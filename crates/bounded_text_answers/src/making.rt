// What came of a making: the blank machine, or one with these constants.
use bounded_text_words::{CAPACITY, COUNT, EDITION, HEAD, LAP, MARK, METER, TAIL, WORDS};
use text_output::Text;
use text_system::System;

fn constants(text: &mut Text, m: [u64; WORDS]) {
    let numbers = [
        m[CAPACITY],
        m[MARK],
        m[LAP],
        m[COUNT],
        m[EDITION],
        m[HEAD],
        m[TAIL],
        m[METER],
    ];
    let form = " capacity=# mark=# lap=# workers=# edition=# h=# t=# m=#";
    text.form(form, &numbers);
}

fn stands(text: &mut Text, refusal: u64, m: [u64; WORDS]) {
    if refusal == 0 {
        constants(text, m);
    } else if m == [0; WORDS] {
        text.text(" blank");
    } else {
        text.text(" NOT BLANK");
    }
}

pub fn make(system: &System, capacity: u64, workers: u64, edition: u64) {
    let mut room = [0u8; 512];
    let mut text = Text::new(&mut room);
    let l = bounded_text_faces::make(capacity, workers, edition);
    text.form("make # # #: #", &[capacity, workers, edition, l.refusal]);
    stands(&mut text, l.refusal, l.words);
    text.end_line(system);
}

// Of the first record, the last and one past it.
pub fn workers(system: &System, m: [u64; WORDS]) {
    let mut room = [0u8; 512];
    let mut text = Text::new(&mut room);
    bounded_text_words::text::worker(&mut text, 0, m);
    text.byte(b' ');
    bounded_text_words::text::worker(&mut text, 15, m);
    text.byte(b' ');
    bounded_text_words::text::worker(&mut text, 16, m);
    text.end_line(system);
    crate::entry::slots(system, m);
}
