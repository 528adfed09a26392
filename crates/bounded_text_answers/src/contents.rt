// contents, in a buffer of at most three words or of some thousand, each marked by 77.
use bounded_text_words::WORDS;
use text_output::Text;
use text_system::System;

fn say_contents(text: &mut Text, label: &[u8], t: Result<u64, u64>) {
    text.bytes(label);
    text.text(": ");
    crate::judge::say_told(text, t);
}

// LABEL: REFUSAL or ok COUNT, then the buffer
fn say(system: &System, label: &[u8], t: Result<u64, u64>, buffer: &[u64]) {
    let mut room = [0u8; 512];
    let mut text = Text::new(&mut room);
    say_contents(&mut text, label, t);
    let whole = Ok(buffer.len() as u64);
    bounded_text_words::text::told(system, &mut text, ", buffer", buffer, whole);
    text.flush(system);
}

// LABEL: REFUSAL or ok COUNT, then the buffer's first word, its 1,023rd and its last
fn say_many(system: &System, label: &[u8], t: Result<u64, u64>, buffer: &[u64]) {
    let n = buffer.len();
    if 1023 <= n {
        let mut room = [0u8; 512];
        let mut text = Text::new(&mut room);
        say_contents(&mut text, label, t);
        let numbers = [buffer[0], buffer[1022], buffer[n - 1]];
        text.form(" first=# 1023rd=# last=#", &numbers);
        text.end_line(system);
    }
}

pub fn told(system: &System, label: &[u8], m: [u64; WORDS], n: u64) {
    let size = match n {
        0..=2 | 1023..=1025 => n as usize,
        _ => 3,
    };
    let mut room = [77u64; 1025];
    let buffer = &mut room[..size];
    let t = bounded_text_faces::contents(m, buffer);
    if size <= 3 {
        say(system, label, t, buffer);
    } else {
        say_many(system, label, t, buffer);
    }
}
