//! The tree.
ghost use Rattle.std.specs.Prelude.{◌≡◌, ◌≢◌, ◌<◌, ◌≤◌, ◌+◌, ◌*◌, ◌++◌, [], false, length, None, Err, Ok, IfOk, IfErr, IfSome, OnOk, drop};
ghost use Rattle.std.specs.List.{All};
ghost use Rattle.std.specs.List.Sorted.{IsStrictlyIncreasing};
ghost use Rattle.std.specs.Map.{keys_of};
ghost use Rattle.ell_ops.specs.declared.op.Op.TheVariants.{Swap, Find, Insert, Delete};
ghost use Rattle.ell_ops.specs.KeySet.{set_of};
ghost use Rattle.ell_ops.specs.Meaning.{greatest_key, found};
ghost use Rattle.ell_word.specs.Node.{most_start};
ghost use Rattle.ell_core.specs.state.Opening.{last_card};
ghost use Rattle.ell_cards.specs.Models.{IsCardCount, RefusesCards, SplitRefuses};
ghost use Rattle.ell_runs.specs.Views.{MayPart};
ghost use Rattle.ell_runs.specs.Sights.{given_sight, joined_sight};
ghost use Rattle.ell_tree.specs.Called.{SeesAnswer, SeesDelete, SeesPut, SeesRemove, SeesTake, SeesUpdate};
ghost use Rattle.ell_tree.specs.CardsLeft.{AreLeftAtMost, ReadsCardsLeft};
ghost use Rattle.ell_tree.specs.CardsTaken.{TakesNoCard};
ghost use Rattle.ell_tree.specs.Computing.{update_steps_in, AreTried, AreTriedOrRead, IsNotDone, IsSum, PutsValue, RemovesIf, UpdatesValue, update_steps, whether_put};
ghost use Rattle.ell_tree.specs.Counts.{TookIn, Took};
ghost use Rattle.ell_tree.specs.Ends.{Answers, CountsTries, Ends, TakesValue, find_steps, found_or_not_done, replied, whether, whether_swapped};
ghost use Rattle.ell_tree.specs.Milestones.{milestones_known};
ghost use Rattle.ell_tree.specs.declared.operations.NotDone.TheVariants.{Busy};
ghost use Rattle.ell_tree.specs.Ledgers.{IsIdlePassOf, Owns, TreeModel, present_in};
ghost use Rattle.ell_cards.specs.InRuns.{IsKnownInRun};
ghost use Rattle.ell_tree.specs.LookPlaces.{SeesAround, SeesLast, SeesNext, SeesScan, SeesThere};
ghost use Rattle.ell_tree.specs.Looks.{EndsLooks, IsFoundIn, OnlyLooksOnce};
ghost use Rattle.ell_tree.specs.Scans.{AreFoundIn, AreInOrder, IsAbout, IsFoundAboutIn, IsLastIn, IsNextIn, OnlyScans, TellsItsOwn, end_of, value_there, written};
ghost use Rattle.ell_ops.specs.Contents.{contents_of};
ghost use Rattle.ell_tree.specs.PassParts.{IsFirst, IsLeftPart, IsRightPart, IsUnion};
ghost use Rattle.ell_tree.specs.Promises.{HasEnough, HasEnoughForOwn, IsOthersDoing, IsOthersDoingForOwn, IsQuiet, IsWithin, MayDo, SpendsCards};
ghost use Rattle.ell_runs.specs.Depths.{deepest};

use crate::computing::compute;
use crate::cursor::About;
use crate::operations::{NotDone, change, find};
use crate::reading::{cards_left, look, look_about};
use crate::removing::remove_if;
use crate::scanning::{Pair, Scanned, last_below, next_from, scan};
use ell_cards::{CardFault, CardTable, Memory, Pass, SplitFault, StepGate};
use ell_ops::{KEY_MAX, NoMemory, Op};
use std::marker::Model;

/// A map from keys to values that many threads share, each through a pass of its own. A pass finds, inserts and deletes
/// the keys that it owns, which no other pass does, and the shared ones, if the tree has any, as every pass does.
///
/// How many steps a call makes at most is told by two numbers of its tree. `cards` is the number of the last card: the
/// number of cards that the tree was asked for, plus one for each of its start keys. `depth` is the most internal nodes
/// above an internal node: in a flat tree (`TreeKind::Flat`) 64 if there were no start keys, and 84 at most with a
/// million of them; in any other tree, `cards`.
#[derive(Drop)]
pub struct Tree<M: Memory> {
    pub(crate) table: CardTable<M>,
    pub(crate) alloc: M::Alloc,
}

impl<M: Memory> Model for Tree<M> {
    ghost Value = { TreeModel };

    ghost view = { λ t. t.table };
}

════

• [Problem details] When a line in the data above contains the string "List", copy that line.

• [Exercise response]
ghost use Rattle.std.specs.List.{All};
ghost use Rattle.std.specs.List.Sorted.{IsStrictlyIncreasing};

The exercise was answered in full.